Description of problem: Attempting to specify the nodeids for each node on the command line. Started ccsd on all, then issued "cman_tool join -N 1000" on node link-10. Issued "cman_tool join -N 2000" on link-11 and got this Oops on link-10. Unable to handle kernel paging request at virtual address e00f7f40 printing eip: e02b56d0 *pde = 014ef067 Oops: 0002 [#1] SMP Modules linked in: dlm loop cman ipv6 parport_pc lp parport autofs4 sunrpc e1000 floppy sg microcode dm_mod uhci_hcd ehci_hcd button battery asus_acpi ac ext3 jbd qla2300 qla2xxx scsi_transport_fc sd_mod scsi_mod CPU: 0 EIP: 0060:[<e02b56d0>] Not tainted EFLAGS: 00010246 (2.6.8.1) EIP is at add_new_node+0x1a0/0x310 [cman] eax: e00f6000 ebx: e00f6000 ecx: 000007d0 edx: 00000077 esi: e00e6200 edi: e00f6228 ebp: db348c00 esp: dcabbedc ds: 007b es: 007b ss: 0068 Process cman_memb (pid: 5115, threadinfo=dcaba000 task=df19a8d0) Stack: 00000000 0000007b 0000008a 00000003 e02caf40 e02caf00 e02caf48 e02cadc8 dcabbf78 e02b691f 000007d0 00000001 e02caf40 e02caf30 00000000 dcabbf70 00000000 00000048 df19a8d0 e02caf00 dcabbf78 00000048 ffffffff e02b48fa Call Trace: [<e02b691f>] do_process_joinreq+0xff/0x1b0 [cman] [<e02b48fa>] do_membership_packet+0x4a/0x1e0 [cman] [<e02b739a>] dispatch_messages+0xda/0x100 [cman] [<e02b3744>] membership_kthread+0x194/0x400 [cman] [<c0105db2>] ret_from_fork+0x6/0x14 [<c011efb0>] default_wake_function+0x0/0x10 [<e02b35b0>] membership_kthread+0x0/0x400 [cman] [<c01042b5>] kernel_thread_helper+0x5/0x10 Code: 89 2c 88 b0 01 86 05 20 bb 2c e0 bb 48 ac 2c e0 ba 77 00 00 Sep 29 14:16:08 link-10 kernel: CMAN: forming a new cluster Version-Release number of selected component (if applicable): [root@link-11 /]# cman_tool -V cman_tool DEVEL.1096386815 (built Sep 28 2004 10:54:45) Copyright (C) Red Hat, Inc. 2004 All rights reserved. How reproducible: Will try again after I file bug. Steps to Reproduce: 1. Start ccsd on two nodes 2. Run 'cman_tool join -N 1000' on one 3. Run 'cman_tool join -N 2000' on the other. Actual results: First node panics. Expected results: Cluster formation or graceful failure. Additional info:
Recreated with the -N 1000 and -N 2000. It did not Oops with -N 10 and -N 20, so those ints must be too big for something.

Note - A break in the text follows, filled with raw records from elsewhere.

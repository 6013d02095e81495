//! Explains to a person what is wrong with a command line.
use crate::options::{first_number, is_address, is_name, limit_of, number_within};
use crate::{checking, putting, serving};
use clap::{ArgMatches, Error};
use std::alloc::{AllocError, Global};

/// Adds what is wrong with a command line of the server; nothing if it is right.
pub fn push_server_complaint(
    alloc: Global,
    text: &mut String,
    line: &[String],
) -> Result<(), AllocError> {
    match serving::command(alloc)?.try_get_matches_from(line) {
        Ok(matches) => push_wrong(text, wrong_for_server(&matches)),
        Err(error) => push_error(alloc, text, &error),
    }
}

/// Adds what is wrong with a command line of the program that puts a file; nothing if it is right.
pub fn push_put_complaint(
    alloc: Global,
    text: &mut String,
    line: &[String],
) -> Result<(), AllocError> {
    match putting::command(alloc)?.try_get_matches_from(line) {
        Ok(matches) => push_wrong(text, wrong_for_put(&matches)),
        Err(error) => push_error(alloc, text, &error),
    }
}

/// Adds what is wrong with a command line that asks for a check of the configuration; nothing if it is right.
pub fn push_check_complaint(
    alloc: Global,
    text: &mut String,
    line: &[String],
) -> Result<(), AllocError> {
    match checking::command(alloc)?.try_get_matches_from(line) {
        Ok(_) => Ok(()),
        Err(error) => push_error(alloc, text, &error),
    }
}

// Adds the parser's message, up to its usage, in one line.
fn push_error(alloc: Global, text: &mut String, error: &Error) -> Result<(), AllocError> {
    let mut told = String::new(alloc);
    write!(told, "{error}")?;
    let message = told.as_str();
    let mut has_begun = false;
    for line in message.strip_prefix("error: ").unwrap_or(message).lines() {
        let line = line.trim();
        if line.is_empty() {
            break;
        }
        if has_begun {
            text.push_str(" ")?;
        }
        text.push_str(line)?;
        has_begun = true;
    }
    text.push_str("\n")
}

fn push_wrong(text: &mut String, wrong: Option<&str>) -> Result<(), AllocError> {
    match wrong {
        Some(wrong) => writeln!(text, "{wrong}"),
        None => Ok(()),
    }
}

// What is wrong with the words of a server's line, if anything.
fn wrong_for_server(matches: &ArgMatches<'_>) -> Option<&'static str> {
    if serving::words_in(matches).is_some() {
        return None;
    }
    let starts = matches.get_str("config").is_some() && matches.get_str("folder").is_some();
    if !starts || matches.get_str("check").is_some() || matches.get_str("station").is_some() {
        return Some("it takes STATION, or --check FILE, or --config, --bind and --folder");
    }
    if !matches.get_str("bind").is_some_and(is_address) {
        return Some(ADDRESS);
    }
    if matches.get_str("folder") == Some("") {
        return Some("--folder takes the path of a folder");
    }
    Some("--workers takes a number from 1 to 16")
}

// What is wrong with the value of one of the put's options or words, if anything.
fn wrong_for_put(matches: &ArgMatches<'_>) -> Option<&'static str> {
    if !matches.get_str("bind").is_some_and(is_address) {
        return Some(ADDRESS);
    }
    if !matches
        .get_str("remote")
        .is_some_and(|word| number_within(word, 0, u64::MAX).is_some())
    {
        return Some("--remote takes the number of an entity");
    }
    if !matches
        .get_str("class")
        .is_some_and(|word| number_within(word, 1, 2).is_some())
    {
        return Some("--class takes 1 or 2");
    }
    if limit_of(matches.get_str("rate")).is_none() {
        return Some("--rate takes a number from 1 to 1000000000");
    }
    if first_number(matches.get_str("first")).is_none() {
        return Some("--first takes a number up to 9223372036854775807");
    }
    if !is_word(matches.get_str("source")) || !is_word(matches.get_str("target")) {
        return Some("a file's name has 1 to 255 octets");
    }
    numbers_complaint(matches)
}

const ADDRESS: &str = "--bind takes A.B.C.D:PORT, all in decimal and without leading zeros";

fn is_word(name: Option<&str>) -> bool {
    name.is_some_and(is_name)
}

fn numbers_complaint(matches: &ArgMatches<'_>) -> Option<&'static str> {
    if matches.get_str("numbers") == Some("") {
        return Some("--numbers takes the path of a file");
    }
    None
}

This affected DLM too. Both keep an array of nodeIDs for fast access on the (previously correct) assumption that nodeIDs would be contiguous. By starting a node with ID of 1000 it went way off the end of that array. Anyway, both now do rather smarter allocation of node information. I've also put a limit on the size of a nodeID simply to prevent the kernel running out of memory if someone tries to make a nodeID that's really,really big.
Verified: No Oops and no garbage-in. I approve this message. [root@link-10 root]# cman_tool join -N 5000 cman_tool: Node id must be between 1 and 4096 [root@link-10 root]# echo $? 1 [root@link-10 root]#
Updating version to the right level in the defects. Sorry for the storm.